The EP study provides an opportunity to disturb an arrhythmia with pacing, extrastimuli, autonomic maneuvers, physical maneuvers, and drugs. Single, or multiple, atrial or ventricular extrastimuli are programmed into the cardiac cycle and made progressively more premature to loss of capture. This invariably provides the zone of transition that clarifies the requirement of atrium or ventricle in the mechanism or alters the tachycardia in a manner that clarifies the problem. In other words, if the tachycardia mechanism is not perfectly obvious, overdrive pacing or programming extrastimuli will almost invariably clarify it. A long-standing “inverse rule” may be useful to trainees—initially introduce premature atrial extrasystoles into a wide QRS tachycardia and ventricular extrasystoles into a narrow QRS tachycardia. Changes in posture cause autonomic adjustments and alter cardiac filling. Agents such as adenosine usually affect specific tissues and mechanisms, and can be invaluable. Isoproterenol is useful for mimicking states of catecholamine excess or altering specific EP properties to allow induction of tachycardia.

Although many pacing and extrastimulation maneuvers have been described, it is useful to understand the basic underlying principles by which they function.

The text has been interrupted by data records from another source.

//! What a run tells its caller.

use cts_design::Entry;
use cts_history::Reply;
use cts_memo::Table;
use cts_notes::Status;
use std::alloc::Global;

/// What a run tells its caller.
#[derive(Drop)]
pub struct Outcome {
    pub status: Status,
    /// The table of the memo over which more than one worker made a tree, or found that there is none; or
    /// over which callers drew theirs.
    pub memo: Option<Table>,
    /// The edits of callers that were accepted, in order.
    pub history: Vec<Entry>,
    /// The replies to the callers, from the first on, each in the order of its script.
    pub replies: Vec<Vec<Reply>>,
}

/// What a run keeps beside the text that it wrote.
#[derive(Drop)]
pub struct Kept {
    pub memo: Option<Table>,
    pub history: Vec<Entry>,
    pub replies: Vec<Vec<Reply>>,
}

impl Kept {
    ghost use Rattle.std.specs.Prelude.{◌≡◌};
    ghost use Rattle.cts_top.specs.Log.{log_of, no_log};

    /// A memo, if there is one, and no log of callers. It takes no memory.
    pub fn without_log(alloc: Global, memo: Option<Table>) -> Kept
        ensures memo { result.memo ≡ memo }
        ensures log { log_of result.history result.replies ≡ no_log }
    {
        Kept {
            memo,
            history: Vec::new(alloc),
            replies: Vec::new(alloc),
        }
    }

    /// The outcome of a run that kept this.
    pub fn outcome(self, status: Status) -> Outcome
        ensures status { result.status ≡ status }
        ensures memo { result.memo ≡ self.memo }
        ensures history { result.history ≡ self.history }
        ensures replies { result.replies ≡ self.replies }
    {
        Outcome {
            status,
            memo: self.memo,
            history: self.history,
            replies: self.replies,
        }
    }
}
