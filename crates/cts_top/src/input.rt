//! The instance that an input spells, and scripts after it.

ghost use Rattle.std.specs.Prelude.{◌≤◌, length, IfOk, IfErr};
ghost use Rattle.cts_read.specs.Grammar.{Refuses};
ghost use Rattle.cts_script.specs.Steps.{IsCallerCount};
ghost use Rattle.cts_notes.specs.Front.{input_limit};
ghost use Rattle.cts_top.specs.Input.{Spells, SpellsScripts, input_of, scripted_of};

use cts_instance::Instance;
use cts_read::{ReadStop, read_instance, read_rest};
use cts_script::{Script, read_script};
use std::alloc::Global;

/// Gives the room of a long input back to the system, so that it is not kept for the lists that come after
/// it.
pub fn give_back(bytes: Vec<u8>) {
    let mut bytes = bytes;
    bytes.clear();
    bytes.shrink_to(1);
}

/// The instance of an input that is not too long, which nothing but lines that are skipped may follow; or the
/// first line that offends, with its first cause, or that memory ran out.
pub fn read_input(alloc: Global, bytes: &[u8]) -> Result<Instance, ReadStop>
    requires { length bytes.now ≤ input_limit }
    ensures spells { IfOk result (Spells bytes.now) }
    ensures refused { IfErr result (λ stop. Refuses stop (input_of bytes.now)) }
{
    let taken = read_instance(alloc, bytes)?;
    read_rest(&bytes[taken.used..], taken.lines)?;
    Ok(taken.instance)
}

/// The instance at the front of an input that is not too long, and the scripts of all callers after it, which
/// nothing but lines that are skipped may follow; or the first line that offends, with its first cause, or that
/// memory ran out.
pub fn read_scripts(alloc: Global, bytes: &[u8]) -> Result<(Instance, Vec<Script>), ReadStop>
    requires { length bytes.now ≤ input_limit }
    ensures spells { IfOk result (λ r. SpellsScripts bytes.now r.0 r.1.items) }
    ensures refused { IfErr result (λ stop. Refuses stop (scripted_of bytes.now)) }
    ensures callers { IfOk result (λ r. IsCallerCount (length r.1.items)) }
{
    let taken = read_instance(alloc, bytes)?;
    let scripts = read_script(alloc, &bytes[taken.used..], taken.lines)?;
    Ok((taken.instance, scripts))
}
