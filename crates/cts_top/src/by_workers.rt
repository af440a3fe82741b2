//! The text for the synthesis of an instance by many workers, over a memo.

ghost use Rattle.std.specs.Prelude.{◌≡◌, ◌≤◌, ◌↔◌, length, IfSome, IsSome};
ghost use Rattle.cts_topo.specs.Shape.{IsShapeOver};
ghost use Rattle.cts_topo.specs.Topology.{shape_of};
ghost use Rattle.cts_up.specs.Ends.{Ends};
ghost use Rattle.cts_turn.specs.Passes.{share_of};
ghost use Rattle.cts_memo.specs.Passes.{IsPassOf, params_of};
ghost use Rattle.cts_memo.specs.Sound.{IsSound};
ghost use Rattle.cts_memo.specs.Tables.{base_of, told_by as entries_told};
ghost use Rattle.cts_tree_workers.specs.Rooms.{AreFor, AreReady};
ghost use Rattle.cts_top.specs.Memos.{IsKeptFor, IsMemoOf, IsPlanned, TellsOfTree};
ghost use Rattle.cts_top.specs.Outcome.{status_of};
ghost use Rattle.cts_top.specs.Text.{TellsSynthesis, told_by};
ghost use Rattle.cts_top.specs.Written.{Answers};

use crate::answer::{Telling, answer_no_tree, answer_synthesis_by};
use crate::stop::{Answer, Stop};
use crate::valid::instance_is_valid;
use crate::workers::{Planned, closed, finish_and_publish, make_plan, make_shape};
use cts_instance::Instance;
use cts_io::ByteSink;
use cts_memo::{Memo, MemoPass, Secret, Table};
use cts_num::NoMemory;
use cts_plain::NoTree;
use cts_topo::Shape;
use cts_tree_workers::Rooms;
use cts_up::UpEnd;
use cts_work::Gate;
use std::alloc::Global;
use std::sync::Wait;
use std::thread::Threads;

/// How a run by workers ends, and the table of its memo, unless memory ran out.
type Ended = (Result<Answer, Stop>, Option<Table>);

/// The table of a run that ends so, unless it wrote nothing.
fn kept(answer: &Result<Answer, Stop>, table: Table) -> Option<Table>
    ensures kept { IsKeptFor answer.now result }
    ensures same { IfSome result (λ kept. kept ≡ table) }
{
    match answer {
        Ok(_) | Err(Stop::WriteFault) => Some(table),
        Err(_) => None,
    }
}

/// Writes the text for the plan of an instance, once so many workers have made what it comes to and it is published in the
/// memo, which is then closed.
fn answer_planned<R: Threads + Wait + Sync, K: ByteSink, G: Gate>(
    rt: &R,
    alloc: Global,
    gate: &G,
    sink: &mut K,
    telling: Telling,
    planned: Planned<'_>,
    memo: Memo,
    pass: MemoPass,
    rooms: Rooms,
    workers: u32,
) -> Ended
    requires planned { IsPlanned planned }
    requires params { params_of memo ≡ planned.instance.now.params }
    requires own { IsPassOf memo pass }
    requires whole { share_of pass ≡ 65536 }
    requires rooms { AreReady planned.instance.now planned.shape.now rooms }
    requires few { workers ≤ 64 }
    ensures answers { Answers (TellsSynthesis (told_by telling) planned.entry.instance.now) K.held K.faults sink.old sink.new result.0 }
    ensures kept { IsSome result.1 ↔ TellsOfTree (status_of result.0) }
    ensures memo { IfSome result.1 (IsMemoOf planned.entry.instance.now) }
{
    let instance = planned.instance;
    let (synthesis, published, pass) = finish_and_publish(
        rt, alloc, gate, &memo, pass, planned, rooms, workers,
    );
    let table = closed(memo, pass);
    match published {
        Ok(()) => {
            let answer = answer_synthesis_by(
                rt, alloc, workers, sink, telling, instance, synthesis,
            );
            let memo = kept(&answer, table);
            (answer, memo)
        }
        Err(NoMemory) => (Err(Stop::NoMemory), None),
    }
}

/// Writes the text for an instance that has no plan, and gives the table of its memo.
fn answer_unplanned<K: ByteSink>(
    sink: &mut K,
    telling: Telling,
    instance: &Instance,
    shape: &Shape,
    table: Table,
    end: UpEnd,
) -> Ended
    requires definition { shape.now ≡ shape_of instance.now.sinks }
    requires base { base_of table ≡ instance.now.params }
    requires sound { IsSound (base_of table) (entries_told table) }
    requires ends { Ends instance.now.params instance.now.sinks shape.now end }
    ensures answers { Answers (TellsSynthesis (told_by telling) instance.now) K.held K.faults sink.old sink.new result.0 }
    ensures kept { IsSome result.1 ↔ TellsOfTree (status_of result.0) }
    ensures memo { IfSome result.1 (IsMemoOf instance.now) }
{
    instance_is_valid(instance);
    match end {
        UpEnd::Beyond { node } => {
            let answer = answer_no_tree(sink, instance, NoTree::Beyond { node });
            (answer, Some(table))
        }
        UpEnd::NoMemory => (Err(Stop::NoMemory), None),
    }
}

/// Writes the text for the synthesis of an instance over its shape, and gives the table of its memo. The memo has room
/// for all nodes of the shape from the start.
fn answer_over<R: Threads + Wait + Sync, K: ByteSink, G: Gate>(
    rt: &R,
    alloc: Global,
    gate: &G,
    sink: &mut K,
    telling: Telling,
    instance: &Instance,
    shape: &Shape,
    rooms: Rooms,
    secret: Secret,
    workers: u32,
) -> Ended
    requires definition { shape.now ≡ shape_of instance.now.sinks }
    requires shape { IsShapeOver (length instance.now.sinks) shape.now }
    requires rooms { AreFor (length shape.now) rooms }
    requires some { 1 ≤ workers }
    requires few { workers ≤ 64 }
    ensures answers { Answers (TellsSynthesis (told_by telling) instance.now) K.held K.faults sink.old sink.new result.0 }
    ensures kept { IsSome result.1 ↔ TellsOfTree (status_of result.0) }
    ensures memo { IfSome result.1 (IsMemoOf instance.now) }
{
    let nodes = shape.nodes().len();
    let Ok((memo, pass)) = Memo::start_with_room(alloc, instance.params(), secret, nodes) else {
        return (Err(Stop::NoMemory), None);
    };
    let (plan, rooms) = make_plan(rt, alloc, gate, &memo, instance, shape, rooms, workers);
    match (plan, rooms) {
        (Ok(plan), Ok(rooms)) => {
            let plan = &plan;
            let planned = Planned {
                instance,
                shape,
                plan,
            };
            answer_planned(
                rt, alloc, gate, sink, telling, planned, memo, pass, rooms, workers,
            )
        }
        (Err(end), _) => answer_unplanned(sink, telling, instance, shape, closed(memo, pass), end),
        (Ok(_), Err(NoMemory)) => (Err(Stop::NoMemory), None),
    }
}

/// Writes the text for the synthesis of an instance by so many workers, who share a memo of its subtrees, and gives the
/// table of this memo, unless memory ran out.
pub fn answer_by_workers<R: Threads + Wait + Sync, K: ByteSink, G: Gate>(
    rt: &R,
    alloc: Global,
    gate: &G,
    sink: &mut K,
    telling: Telling,
    instance: &Instance,
    workers: u32,
) -> Ended
    requires some { 1 ≤ workers }
    requires few { workers ≤ 64 }
    ensures answers { Answers (TellsSynthesis (told_by telling) instance.now) K.held K.faults sink.old sink.new result.0 }
    ensures kept { IsSome result.1 ↔ TellsOfTree (status_of result.0) }
    ensures memo { IfSome result.1 (IsMemoOf instance.now) }
{
    let (made, secret) = make_shape(rt, alloc, instance.sinks(), workers);
    match made {
        Ok((shape, rooms)) => answer_over(
            rt, alloc, gate, sink, telling, instance, &shape, rooms, secret, workers,
        ),
        Err(NoMemory) => (Err(Stop::NoMemory), None),
    }
}
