//! The words that the program is called with.

ghost use Rattle.std.specs.Prelude.{◌≡◌, ◌↔◌, ◌≤◌, ◌<◌, ◌^◌, ℕ, Some, codes, [], ◌∷◌};
ghost use Rattle.cts_top.specs.Words.{AreMade, AsksFor, IsForm, IsNumber, IsWorkers};

use crate::trunk_words::trunk;
use cts_num::read_decimal;

/// What the words ask for.
#[derive(Clone, Copy)]
pub enum Form {
    /// The report of the tree of the instance that the input spells, made by so many workers.
    Synth { workers: u32 },
    /// The verdict on the report that follows the instance in the input.
    Check,
    /// The history that the callers of the scripts after the instance in the input make of its sinks, and
    /// the report of the tree after it.
    Edit,
    /// The report of the tree over the nearest-pair topology of the instance that the input spells.
    Near,
    /// The changes of the instance's sinks that are done at the end of the steps after it in the input, where
    /// changes are undone and redone, and the report of the tree after them.
    Replay,
    /// The text of the instance that is made from a seed, with so many sinks.
    Make { seed: u32, sinks: u32 },
    /// The summary of the tree of that instance, made by so many workers.
    Job { seed: u32, sinks: u32, workers: u32 },
    /// The trunk, with repeaters at the multiples of a step in nm, of the tree of the instance that the
    /// input spells, and the report of that tree. The repeaters are the library's buffer of this index.
    Trunk { step: u64, buffer: u16 },
}

/// What the words ask for: `synth W`, `check`, `edit`, `make SEED N`, `job SEED N W`, `trunk STEP J`, `near` or `replay`.
pub fn form_of(words: &[String]) -> Option<Form>
    ensures { (form : Form) → (result ≡ Some form) ↔ IsForm words.now form }
{
    match words {
        [name] => one_word(name.as_bytes()),
        [name, first] => two_words(name.as_bytes(), first.as_bytes()),
        [name, first, second] => {
            three_words(name.as_bytes(), first.as_bytes(), second.as_bytes())
        }
        [name, first, second, third] => four_words(
            name.as_bytes(),
            first.as_bytes(),
            second.as_bytes(),
            third.as_bytes(),
        ),
        _ => None,
    }
}

/// The form of one word.
fn one_word(name: &[u8]) -> Option<Form>
    ensures { (form : Form) → (result ≡ Some form) ↔ AsksFor (name.now ∷ []) form }
{
    match name {
        b"check" => Some(Form::Check),
        b"edit" => Some(Form::Edit),
        b"near" => Some(Form::Near),
        b"replay" => Some(Form::Replay),
        _ => None,
    }
}

/// The form of a name and a word after it.
fn two_words(name: &[u8], first: &[u8]) -> Option<Form>
    ensures { (form : Form) → (result ≡ Some form) ↔ AsksFor (name.now ∷ first.now ∷ []) form }
{
    match name {
        b"synth" => synth(first),
        _ => None,
    }
}

/// The form of a name and two words after it.
fn three_words(name: &[u8], first: &[u8], second: &[u8]) -> Option<Form>
    ensures { (form : Form) → (result ≡ Some form) ↔ AsksFor (name.now ∷ first.now ∷ second.now ∷ []) form }
{
    match name {
        b"make" => make(first, second),
        b"trunk" => trunk(first, second),
        _ => None,
    }
}

/// The form of a name and three words after it.
fn four_words(name: &[u8], first: &[u8], second: &[u8], third: &[u8]) -> Option<Form>
    ensures { (form : Form) → (result ≡ Some form)
        ↔ AsksFor (name.now ∷ first.now ∷ second.now ∷ third.now ∷ []) form }
{
    match name {
        b"job" => job(first, second, third),
        _ => None,
    }
}

/// The synthesis by as many workers as a word says.
fn synth(workers: &[u8]) -> Option<Form>
    ensures { (form : Form) → (result ≡ Some form) ↔ AsksFor (codes "synth" ∷ workers.now ∷ []) form }
{
    let workers = workers_of(workers)?;
    Some(Form::Synth { workers })
}

/// The instance of two words.
fn make(seed: &[u8], sinks: &[u8]) -> Option<Form>
    ensures { (form : Form) → (result ≡ Some form) ↔ AsksFor (codes "make" ∷ seed.now ∷ sinks.now ∷ []) form }
{
    let (seed, sinks) = made(seed, sinks)?;
    Some(Form::Make { seed, sinks })
}

/// The job of three words.
fn job(seed: &[u8], sinks: &[u8], workers: &[u8]) -> Option<Form>
    ensures { (form : Form) → (result ≡ Some form)
        ↔ AsksFor (codes "job" ∷ seed.now ∷ sinks.now ∷ workers.now ∷ []) form }
{
    let ((seed, sinks), workers) = made(seed, sinks).zip(workers_of(workers))?;
    Some(Form::Job {
        seed,
        sinks,
        workers,
    })
}

/// A seed and a number of sinks, each within its limits.
fn made(seed: &[u8], sinks: &[u8]) -> Option<(u32, u32)>
    ensures { (s n : ℕ) → (result ≡ Some (s, n)) ↔ AreMade seed.now sinks.now s n }
{
    number(seed, 0, 2_147_483_647).zip(number(sinks, 1, 65_536))
}

/// The number of workers that a word is.
fn workers_of(word: &[u8]) -> Option<u32>
    ensures { (n : ℕ) → (result ≡ Some n) ↔ IsWorkers word.now n }
{
    number(word, 1, 64)
}

/// The number that a word is, where it is within these limits.
fn number(word: &[u8], least: u32, most: u32) -> Option<u32>
    ensures { (n : ℕ) → (result ≡ Some n) ↔ (IsNumber word.now n × (least ≤ n) × (n ≤ most)) }
{
    let number = read_decimal(word, 0).ok()?;
    if u64::from(least) <= number && number <= u64::from(most) {
        Some(number as u32)
    } else {
        None
    }
}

The overriding principle underpinning most pacing interventions is illustrated schematically in Fig. 1–3. In essence, the ability of pacing to influence or “reset” a tachycardia is dependent on two key variables.

The first is distance from the pacing site to the tachycardia mechanism. (Note that this distance may also be “electrophysiologic” as well as geographic in that the pacing site may be “far” from the tachycardia mechanism if there is conduction block adjacent to pacing site requiring a roundabout access to the mechanism.)

The second is access to the circuit. A large reentrant circuit with a large excitable gap is more penetrable by pacing than a “focal” arrhythmia source. In essence, preexcitation of the subsequent A by a premature ventricular complex (PVC) during SVT occurs much more readily with a large AV reentrant circuit close to the pacing site rather than the much smaller and most distant circuit of AV node reentry. Similarly, capture of a SVT by ventricular pacing also depends on the same factors. The postpacing interval (PPI) and the difference of ventriculoatrial (VA) during tachycardia compared with VA during pacing clearly depend on these. In fact, the PVC that resets the A during SVT is just capture for one cycle and all the useful postpacing data also apply to the single PVC that resets tachycardia as will become evident in some of the exercises.